Chaque God of War commence donc in media res, par l’affrontement d’un boss, toujours plus imposant. Mieux encore, le combat de créatures est remplacé par celui d’un véritable dieu. Le pugilat contre Poséidon est expédié au début du jeu, comme pour montrer que Kratos est de plus en plus puissant, et que le massacre des divinités est devenu une routine pour lui. Ce n’est plus un élément majeur, tardif dans le jeu, comme ce fut le cas pour le premier opus par exemple.
Red grec redemption
Contre toute attente, la première séquence de God of War est d’un tout autre registre. La première fois que Kratos lève son arme pour l’abattre aussitôt, c’est pour couper un arbre. En 20 secondes le message est clair : Kratos est passé à autre chose. D’autant plus qu’il semble implorer pardon audit arbre, avant le coup de hache. Cette scène est symbolique de la rupture brutale avec les précédents épisodes, mais aussi scénaristiquement. Cet arbre servira à alimenter le bucher de sa femme. Pour la première fois, Kratos exprime le deuil sans rage envers le destin. Le personnage accepte enfin de ne pas changer le cours des choses.
Cette humanisation se forme, au-delà du scénario, par le gameplay en lui-même. On l’a dit, celui-ci évoque clairement la renaissance de Kratos en simple mortel. Et pour cela, il a « seulement » fallu à Santa Monica Studio de rapprocher la caméra au niveau des épaules du personnage principal. Les angles de vue étaient autrefois des plans d’ensemble plus ou moins fixes, permettant ainsi de remplir l’écran d’ennemis.

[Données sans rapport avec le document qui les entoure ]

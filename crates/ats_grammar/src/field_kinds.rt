//! The kinds of field that may come next.

ghost use Rattle.std.specs.Prelude.{◌≡◌};
ghost use Rattle.ats_grammar.specs.declared.fault.ShapeKind.TheVariants.{Count, Order};
ghost use Rattle.ats_grammar.specs.declared.field_kinds.Next.TheVariants.{Number, Bytes};

use crate::fault::ShapeKind;

const U16_MAX: u32 = 0xffff;

/// What comes next in the bytes of a proof.
#[derive(Clone, Copy)]
pub(crate) enum Next {
    /// Nothing more.
    End,
    /// A number, high byte first, within bounds.
    Number {
        /// How many bytes it has: 1, 2 or 4.
        size: u32,
        /// The smallest allowed. It may be above every number of this size, as after the largest of a run.
        low: u64,
        /// The largest allowed.
        high: u32,
        /// The fault of a number out of this range.
        kind: ShapeKind,
    },
    /// Bytes of any content.
    Bytes {
        /// How many they are.
        size: u32,
    },
}

impl Next {
    /// A number within bounds.
    pub(crate) fn number(size: u32, low: u64, high: u32, kind: ShapeKind) -> Next
        ensures { result ≡ Number size low high kind }
    {
        Next::Number {
            size,
            low,
            high,
            kind,
        }
    }

    /// A count, a length or the kind of a slot.
    pub(crate) fn count(size: u32, low: u64, high: u32) -> Next
        ensures { result ≡ Number size low high Count }
    {
        Next::number(size, low, high, ShapeKind::Count)
    }

    /// Any number of two bytes.
    pub(crate) fn any_2() -> Next
        ensures { result ≡ Number 2 0 0xffff Count }
    {
        Next::count(2, 0, U16_MAX)
    }

    /// Any number of four bytes.
    pub(crate) fn any_4() -> Next
        ensures { result ≡ Number 4 0 0xffff_ffff Count }
    {
        Next::count(4, 0, u32::MAX)
    }

    /// A position or a document's number.
    pub(crate) fn rising(low: u64) -> Next
        ensures { result ≡ Number 4 low 0xffff_ffff Order }
    {
        Next::number(4, low, u32::MAX, ShapeKind::Order)
    }

    /// The index of a leaf.
    pub(crate) fn index(low: u64) -> Next
        ensures { result ≡ Number 2 low 0xffff Order }
    {
        Next::number(2, low, U16_MAX, ShapeKind::Order)
    }

    /// Bytes of any content.
    pub(crate) fn bytes(size: u32) -> Next
        ensures { result ≡ Bytes size }
    {
        Next::Bytes { size }
    }
}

Ce qui mettait en lumière la puissance de Kratos, capable de terrasser des dizaines d’adversaires en même temps. À l’inverse, la caméra rapprochée de l’opus de 2018 le fragilise. Impossible d’être aussi rapide qu’auparavant ou de composer avec plus de cinq ennemis, car l’action serait alors illisible. Pour compenser, les antagonistes sont plus dangereux. En changeant l’axe de caméra, toute la logique qui en résulte rend alors le personnage principal plus lourd, plus faillible, et donc plus humain.
Fury road
Cependant, Kratos est loin d’être devenu croulant. Son côté divin est comme volontairement rouillé. Ce passage de Dieu de la guerre à simple papa ours bodybuildé volera bien sûr en éclat. Le premier combat contre les divinités du coin est l’occasion pour les développeurs de renouer avec la cinématographie des l’affrontement contre Zeus. On sent tout de même que ceux-ci sont traversés par les nombreux films de superhéros de ces dernières années. Impossible de ne pas penser à l’incroyable brutalité des coups et des projections de Man of Steel.

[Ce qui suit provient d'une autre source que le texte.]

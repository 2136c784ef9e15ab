//! One step of a reader of pieces.

ghost use Rattle.std.specs.Prelude.{◌≡◌, ◌⊎◌, ℕ, ◌+◌, ◌≤◌, List, ◌∷◌, ◌++◌, length, IfOk, IfErr, OnOk, OnErr, IfSome, IfNone};
ghost use Rattle.ats_grammar.specs.declared.field_kinds.Next.TheVariants.{Number, Bytes};
ghost use Rattle.ats_grammar.specs.Inner.Pending.{HasOwnKind};
ghost use Rattle.ats_grammar.specs.Table.{head, size_of};
ghost use Rattle.ats_grammar.specs.Inner.Table.{IsSized};
ghost use Rattle.ats_grammar.specs.ReaderState.{remaining};
ghost use Rattle.ats_grammar.specs.PiecePosition.{IsAt};
ghost use Rattle.ats_grammar.specs.Inner.PiecePosition.{IsOn, IsStill, IsWrong};

use crate::fault::ShapeKind;
use crate::field_kinds::Next;
use crate::piece_position::PiecePosition;
use crate::reading::take;

impl Next {
    // How many bytes the field has.
    fn size(self) -> u32
        ensures { result ≡ size_of self }
    {
        match self {
            Next::End => 0,
            Next::Number { size, .. } | Next::Bytes { size } => size,
        }
    }
}

impl PiecePosition {
    // Takes the whole field, if all its bytes are there and none was read before.
    fn step_over<'a>(&mut self, next: Next, rest: &'a [u8]) -> Result<Option<&'a [u8]>, ShapeKind>
        requires none { self.old.came ≡ 0 }
        requires next { next ≡ head (remaining self.old.state) }
        requires sized { IsSized next }
        requires own { HasOwnKind next }
        requires all { size_of next ≤ length rest.now }
        ensures on { IfOk result (λ step. IfSome step (λ after. IsOn self.old rest.now self.new after.now)) }
        ensures wait { IfOk result (λ step. IfNone step ((self.new ≡ self.old) × IsStill self.old rest.now)) }
        ensures wrong { IfErr result (λ kind. (bytes : List ℕ) → IsAt bytes self.old rest.now
            → IsWrong bytes kind (self.old.came + length rest.now)) }
        ensures same { OnErr result (self.new ≡ self.old) }
    {
        match take(next, rest) {
            Ok(Some((number, after))) => {
                self.pass(number);
                Ok(Some(after))
            }
            Ok(None) => Ok(None),
            Err(kind) => Err(kind),
        }
    }

    // Reads one more byte of a number.
    fn step_in_number(
        &mut self,
        size: u32,
        range: (u64, u32),
        kind: ShapeKind,
        byte: u8,
    ) -> Result<(), ShapeKind>
        requires next { head (remaining self.old.state) ≡ Number size range.0 range.1 kind }
        requires sized { (size ≡ 1) ⊎ (size ≡ 2) ⊎ (size ≡ 4) }
        requires own { HasOwnKind (Number size range.0 range.1 kind) }
        ensures on { OnOk result ((rest : List ℕ) → IsOn self.old (byte ∷ rest) self.new rest) }
        ensures wrong { IfErr result (λ kind. (bytes rest : List ℕ) → IsAt bytes self.old (byte ∷ rest)
            → IsWrong bytes kind (self.old.came + 1 + length rest)) }
        ensures same { OnErr result (self.new ≡ self.old) }
    {
        let number = self.number * 256 + u32::from(byte);
        let came = self.came + 1;
        if came < size {
            self.came = came;
            self.number = number;
            return Ok(());
        }
        if u64::from(number) < range.0 || number > range.1 {
            return Err(kind);
        }
        self.pass(number);
        Ok(())
    }

    // Passes `many` bytes of a field of any content.
    fn step_in_bytes(&mut self, size: u32, many: u32)
        requires next { head (remaining self.old.state) ≡ Bytes size }
        requires some { 1 ≤ many }
        requires within { self.old.came + many ≤ size }
        ensures { (part rest : List ℕ) → length part ≡ many → IsOn self.old (part ++ rest) self.new rest }
    {
        let came = self.came + many;
        if came < size {
            self.came = came;
            self.number = 0;
            return;
        }
        self.pass(0);
    }

    /// Moves over a field, or further into one. Returns `None` if there is nothing more to read.
    pub(crate) fn step<'a>(&mut self, rest: &'a [u8]) -> Result<Option<&'a [u8]>, ShapeKind>
        ensures on { IfOk result (λ step. IfSome step (λ after. IsOn self.old rest.now self.new after.now)) }
        ensures wait { IfOk result (λ step. IfNone step ((self.new ≡ self.old) × IsStill self.old rest.now)) }
        ensures wrong { IfErr result (λ kind. (bytes : List ℕ) → IsAt bytes self.old rest.now
            → IsWrong bytes kind (self.old.came + length rest.now)) }
        ensures same { OnErr result (self.new ≡ self.old) }
    {
        // Inside a field more bytes are needed, whatever it is.
        if self.came > 0 && rest.is_empty() {
            return Ok(None);
        }
        let next = self.state.next();
        if self.came == 0 && rest.len() >= next.size() as usize {
            return self.step_over(next, rest);
        }
        let Some((byte, following)) = rest.split_first() else {
            return Ok(None);
        };
        match next {
            Next::End => unreachable!(),
            Next::Number {
                size,
                low,
                high,
                kind,
            } => match self.step_in_number(size, (low, high), kind, *byte) {
                Ok(()) => Ok(Some(following)),
                Err(kind) => Err(kind),
            },
            Next::Bytes { size } => {
                let many = ((size - self.came) as usize).min(rest.len());
                let (_, after) = rest.split_at(many);
                self.step_in_bytes(size, many as u32);
                Ok(Some(after))
            }
        }
    }
}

Kratos reste bien un Dieu, corrompu par la relation humaine père-fils. Il en tire la possibilité de faire le plein de rage lorsque son protégé est en danger.
Les Dieux sont parmi nous
Cette fameuse rage, qui était le moteur des anciens jeux, reste toujours présente, comme un mal que cherche à éviter Kratos. Notamment via tous les conseils et l’apprentissage qu’il inculque à Atreus, son fils. Cette relation est bien sûr une nouveauté dans la saga. Si God of War 3 et Ghost of Sparta nous proposaient un acolyte, ce fut sur de courtes sessions, avec un minimum de contrôle (voir aucun) sur le second personnage.

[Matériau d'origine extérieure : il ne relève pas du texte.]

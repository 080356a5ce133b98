// Values as texts, with their places, because `==` passes over places.
use std::alloc::{AllocError, Global};
use std::collections::HashSet;
use std::fmt::Debug;
use std::hash::Hash;

/// The text of all of a value.
pub fn picture<T: Debug>(alloc: Global, value: &T) -> Result<String, AllocError> {
    format!(in alloc; "{value:?}")
}

/// The text of all of each of these values, in order.
pub fn pictures<T: Debug>(alloc: Global, values: &[T]) -> Result<Vec<String>, AllocError> {
    let mut texts = Vec::new(alloc);
    for value in values {
        texts.push(picture(alloc, value)?)?;
    }
    Ok(texts)
}

/// The members of a set, each once, in ascending order of their texts.
pub fn members<T: Debug + Eq + Hash>(
    alloc: Global,
    set: &HashSet<T>,
) -> Result<Vec<String>, AllocError> {
    let mut texts = Vec::new(alloc);
    for member in set {
        texts.push(picture(alloc, member)?)?;
    }
    texts.sort()?;
    Ok(texts)
}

C’est finalement cette relation père-fils qui fait le lien entre les Dieux et les humains, et ce jusqu’au gameplay en lui-même. Si Atreus tire des flèches efficaces, il gagne par la suite la possibilité d’utiliser des projectiles magiques… voir divins. Côté scénario, le fait que la haine envers les Dieux devienne l’orgueil des Dieux elle-même est clairement souligné.
Trilogie à ne plus finir
A travers diverses scènes du jeu, il est clair que God of War continuera. Diverses questions restent en suspens, sur la présence d’Odin ou la possibilité de mêler les Dieux chinois et égyptiens. Mais c’est surtout le futur d’Atreus qui reste le plus intéressant. En mettant en avant ce personnage, les développeurs souhaitent-ils clore l’histoire de Kratos et passer le relais au fils ? S’il est impossible de répondre à cette question, laissons Kratos nous donner quelques indices : « Le cycle s’arrête ici. Nous devons être meilleurs que cela ».